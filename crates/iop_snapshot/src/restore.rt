//! Lists, read one item after the other.

ghost use Rattle.std.specs.Prelude.{◌≡◌, List, [], ◌∷◌, ◌++◌, Some, MatchResult};
ghost use Rattle.iop_snapshot.specs.Forms.{Form, read_items, read_list};
ghost use Rattle.iop_snapshot.specs.Reading.{GivesNone};

use crate::decoder::Decoder;
use crate::fault::SnapFault;
use crate::widths::COUNT;

/// What takes a list of `X` from bytes, one behind the other. `X` is what contracts see of an item.
pub trait RestoreItems<X> {
    /// It may begin to take a list.
    ghost starts: { Self → Type 0 };

    /// The second is the first with these items put behind what it has.
    ghost grows: { Self → Self → List X → Type 0 };

    /// The form of the next item, behind those that were put into the first.
    ghost next_form: { Self → List X → Form X };

    /// Takes the next item. `Bad` exactly where its form reads none, unless memory runs out.
    fn restore_next(&mut self, decoder: &mut Decoder<'_>) -> Result<(), SnapFault>
        requires { (base : Self) × (xs : List X) × starts base × grows base self.old xs }
        ensures { (base : Self) (xs : List X) → starts base → grows base self.old xs
            → MatchResult result
            (λ _. (x : X) × grows base self.new (xs ++ x ∷ [])
            × ((next_form base xs).read decoder.old ≡ Some (x, decoder.new)))
            (GivesNone ((next_form base xs).read decoder.old)) };

    /// With none put behind it, it is as it was.
    ghost begins: { (base : Self) → starts base → grows base base [] };
}

/// Reads so many items into a table. `Bad` exactly where they cannot be read, unless memory runs
/// out.
pub fn restore_items<X, T: RestoreItems<X>>(
    count: u64,
    table: &mut T,
    decoder: &mut Decoder<'_>,
) -> Result<(), SnapFault>
    requires { T.starts table.old }
    ensures { let read = read_items (T.next_form table.old) [] count decoder.old in
        MatchResult result
        (λ _. (xs : List X) × T.grows table.old table.new xs × (read ≡ Some (xs, decoder.new)))
        (GivesNone read) }
{
    for _ in 0..count {
        table.restore_next(decoder)?;
    }
    Ok(())
}

/// Reads a list into a table. `Bad` exactly where none can be read, unless memory runs out.
pub fn restore_list<X, T: RestoreItems<X>>(
    table: &mut T,
    decoder: &mut Decoder<'_>,
) -> Result<(), SnapFault>
    requires { T.starts table.old }
    ensures { MatchResult result
        (λ _. (xs : List X) × T.grows table.old table.new xs
        × (read_list (T.next_form table.old) decoder.old ≡ Some (xs, decoder.new)))
        (GivesNone (read_list (T.next_form table.old) decoder.old)) }
{
    let mut count = [0; 1];
    let Some(()) = decoder.item(&COUNT, &mut count) else {
        return Err(SnapFault::Bad);
    };
    restore_items(count[0], table, decoder)
}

++++++++

- **What you need to do**: Line count for the word "memory": please state how many lines of the records above contain it, and nothing else.

- **Result of this exercise**: 3